//! Maps on a disk in memory. Places and moments are those of docs/FORMATS.md: the first commit
//! makes a segment, writes a page and syncs; each later one writes and syncs.

ghost use Rattle.std.specs.Prelude.{◌≡◌, IfOk};
ghost use Rattle.machine_state.specs.Opened.{first_view};
ghost use Rattle.wal_rule.specs.Passes.{view_of_pass};
ghost use Rattle.wal_log.specs.Logs.{IsPassOfLog, opening_of_log};
ghost use Rattle.durable_map.specs.Stores.{IsOpenMap};

use durable_map::{ChangeErr, DurableMap, LONGEST, MapFault, MapFaultKind};
use log_workers::{Insertion, Job, LogCall, transaction, work_side_by_side};
use segment_disk::{Disk, MemDisk, Pick};
use std::alloc::Global;
use std::sync::Wait;
use std::test::Fail;
use std::thread::Threads;
use wal_log::{Cause, CommitErr, Pass, Sealed, Setup, Wal};
use wal_types::Lsn;

pub const SETUP: Setup = Setup {
    seg_size: 1 << 20,
    ring_pages: 4,
    cap_segments: 3,
    sysid: 1,
    passes: 1,
};

// A disk that holds nothing, and whose counted call of this number fails.
pub fn disk(alloc: Global, fail: u64) -> Result<MemDisk, Fail> {
    let mut fails = Vec::new(alloc);
    fails.push(fail)?;
    Ok(MemDisk::new(alloc, 4, 200, fails, Vec::new(alloc))?)
}

pub fn open(alloc: Global, disk: MemDisk) -> Result<DurableMap<MemDisk>, Fail>
    ensures { IfOk result IsOpenMap }
{
    match DurableMap::open(alloc, disk, SETUP) {
        Ok(map) => Ok(map),
        Err(_) => Err(Fail::from("a map")),
    }
}

pub fn bytes(alloc: Global, text: &[u8]) -> Result<Vec<u8>, Fail> {
    Ok(Vec::from_slice(alloc, text)?)
}

fn sealed(start: u64, end: u64, moment: u64) -> Result<Sealed, ChangeErr> {
    Ok(Sealed {
        start: Lsn(start),
        end: Lsn(end),
        moment,
    })
}

// The last change of a key wins, and so it does once the map is opened again.
#[test]
fn the_last_change_wins(rt: HostRuntime) -> Result<(), Fail> {
    let alloc = rt.alloc();
    let mut map = open(alloc, disk(alloc, 0)?)?;
    let told = map.set(&rt, b"a", bytes(alloc, b"1")?);
    assert_eq!(rt; told, sealed(0x10_0028, 0x10_0048, 3));
    let told = map.set(&rt, b"b", bytes(alloc, b"")?);
    assert_eq!(rt; told, sealed(0x10_0048, 0x10_0068, 5));
    let told = map.set(&rt, b"a", bytes(alloc, b"two")?);
    assert_eq!(rt; told, sealed(0x10_0068, 0x10_0090, 7));
    let told = map.del(&rt, b"b");
    assert_eq!(rt; told, sealed(0x10_0090, 0x10_00B0, 9));
    assert_eq!(rt; map.get(b"a"), Some(b"two".as_slice()));
    assert_eq!(rt; map.get(b"b"), None);
    let closed = map.close();
    let again = open(alloc, closed.disk)?;
    assert_eq!(rt; again.get(b"a"), Some(b"two".as_slice()));
    assert_eq!(rt; again.get(b"b"), None);
    assert_eq!(rt; again.get(b""), None);
    Ok(())
}

// A log to go on with, and its first pass.
fn reopen(alloc: Global, disk: MemDisk, setup: Setup) -> Result<(Wal<MemDisk>, Pass), Fail>
    ensures pass { IfOk result (λ r. IsPassOfLog r.0 r.1) }
    ensures view { IfOk result (λ r. view_of_pass r.1 ≡ first_view (opening_of_log r.0)) }
{
    match Wal::reopen(alloc, disk, setup) {
        Ok((log, first, _)) => Ok((log, first)),
        Err(_) => Err(Fail::from("a log to go on with")),
    }
}

// A map's log of one change, gone on with by the commit record of a transaction.
fn gone_on_with<R: Threads + Wait + Sync>(rt: &R, alloc: Global) -> Result<MemDisk, Fail> {
    let mut map = open(alloc, disk(alloc, 0)?)?;
    if map.set(rt, b"a", bytes(alloc, b"1")?).is_err() {
        return Err(Fail::from("a change"));
    }
    let closed = map.close();
    let setup = Setup { passes: 2, ..SETUP };
    let (log, mut first) = reopen(alloc, closed.disk, setup)?;
    let mut jobs = Vec::new(alloc);
    jobs.push(Job::of(LogCall::Commit(Insertion::of(transaction(alloc, 7)?))))?;
    let mut work = Vec::new(alloc);
    work.push(jobs)?;
    if (first.spare() as usize) < work.len() {
        return Err(Fail::from("a spare pass"));
    }
    work_side_by_side(rt, alloc, &log, &mut first, work, 1)?;
    let closed = log.close(first);
    Ok(closed.disk)
}

// A commit record of a transaction is no change: it is refused by its place, and the disk is left
// as it was.
#[test]
fn another_programs_record_is_refused(rt: HostRuntime) -> Result<(), Fail> {
    let alloc = rt.alloc();
    let disk = gone_on_with(&rt, alloc)?;
    let moment = disk.moment();
    let Err(MapFault { disk, kind }) = DurableMap::open(alloc, disk, SETUP) else {
        panic!(rt; "a log with another program's record");
    };
    let at = Lsn(0x10_0048);
    assert_eq!(rt;
        (kind, disk.moment()),
        (MapFaultKind::NoChange { at }, moment)
    );
    Ok(())
}

// The second commit's sync fails: the map is as it was, and all that comes behind is refused.
#[test]
fn a_failed_commit_leaves_the_map(rt: HostRuntime) -> Result<(), Fail> {
    let alloc = rt.alloc();
    let mut map = open(alloc, disk(alloc, 5)?)?;
    assert!(rt; map.set(&rt, b"a", bytes(alloc, b"1")?).is_ok());
    let told = map.set(&rt, b"a", bytes(alloc, b"2")?);
    let failed = CommitErr {
        cause: Cause::Disk { faults: 1 },
        reserved: Some(Lsn(0x10_0048)),
    };
    assert_eq!(rt; told, Err(ChangeErr::Refused(failed)));
    let down = CommitErr {
        cause: Cause::Down { faults: 1 },
        reserved: None,
    };
    assert_eq!(rt; map.del(&rt, b"a"), Err(ChangeErr::Refused(down)));
    assert_eq!(rt; map.get(b"a"), Some(b"1".as_slice()));
    Ok(())
}

// A key of 64 KiB and a value of as much are the longest, and come back from the log.
#[test]
fn the_longest_are_kept(rt: HostRuntime) -> Result<(), Fail> {
    let alloc = rt.alloc();
    let key = vec![in alloc; b'k'; LONGEST]?;
    let mut map = open(alloc, disk(alloc, 0)?)?;
    let told = map.set(&rt, key.as_slice(), vec![in alloc; b'v'; LONGEST]?);
    assert!(rt; told.is_ok());
    let longer = vec![in alloc; b'v'; LONGEST + 1]?;
    assert_eq!(rt; map.set(&rt, b"a", longer), Err(ChangeErr::TooLong));
    let closed = map.close();
    let again = open(alloc, closed.disk)?;
    let length = match again.get(key.as_slice()) {
        Some(value) => value.len(),
        None => 0,
    };
    assert_eq!(rt; length, LONGEST);
    Ok(())
}

// The value that a map has which is opened behind a crash at a moment, 0 for none.
fn left_at(alloc: Global, disk: &MemDisk, moment: u64, pick: Pick) -> Result<u8, Fail> {
    let left = open(alloc, disk.crash(alloc, moment, pick)?)?;
    match left.get(b"a") {
        Some([value]) => Ok(*value),
        _ => Ok(0),
    }
}

// Whatever a crash leaves of the disk at a moment, the map that is opened there has the last value
// that was answered by then, or the one that was being set.
#[test]
fn answered_changes_outlive_a_crash(rt: HostRuntime) -> Result<(), Fail> {
    let alloc = rt.alloc();
    let mut map = open(alloc, disk(alloc, 0)?)?;
    assert!(rt; map.set(&rt, b"a", bytes(alloc, &[1])?).is_ok());
    assert!(rt; map.set(&rt, b"a", bytes(alloc, &[2])?).is_ok());
    assert!(rt; map.set(&rt, b"a", bytes(alloc, &[3])?).is_ok());
    let closed = map.close();
    let disk = closed.disk;
    // They were answered at the moments 3, 5 and 7.
    for (moment, answered) in [(0, 0), (2, 0), (3, 1), (4, 1), (5, 2), (6, 2), (7, 3)] {
        let old = left_at(alloc, &disk, moment, Pick::Old)?;
        assert_eq!(rt; old, answered, "the oldest words at {moment}");
        let odd = left_at(alloc, &disk, moment, Pick::Odd)?;
        assert!(rt;
            odd == answered || odd == answered.wrapping_add(1),
            "{odd} at {moment}"
        );
    }
    // At moment 4 the second set's page is written and not synced.
    assert_eq!(rt; left_at(alloc, &disk, 4, Pick::New)?, 2);
    Ok(())
}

==========

__What is being asked__:
Given the records above, return exactly the lines starting at the line containing "fn reopen(alloc: Global, disk: MemDisk, setup: Setup)" and ending at the line containing "let (log, mut", including both.

__Exercise solution__:
fn reopen(alloc: Global, disk: MemDisk, setup: Setup) -> Result<(Wal<MemDisk>, Pass), Fail>
    ensures pass { IfOk result (λ r. IsPassOfLog r.0 r.1) }
    ensures view { IfOk result (λ r. view_of_pass r.1 ≡ first_view (opening_of_log r.0)) }
{
    match Wal::reopen(alloc, disk, setup) {
        Ok((log, first, _)) => Ok((log, first)),
        Err(_) => Err(Fail::from("a log to go on with")),
    }
}

// A map's log of one change, gone on with by the commit record of a transaction.
fn gone_on_with<R: Threads + Wait + Sync>(rt: &R, alloc: Global) -> Result<MemDisk, Fail> {
    let mut map = open(alloc, disk(alloc, 0)?)?;
    if map.set(rt, b"a", bytes(alloc, b"1")?).is_err() {
        return Err(Fail::from("a change"));
    }
    let closed = map.close();
    let setup = Setup { passes: 2, ..SETUP };
    let (log, mut first) = reopen(alloc, closed.disk, setup)?;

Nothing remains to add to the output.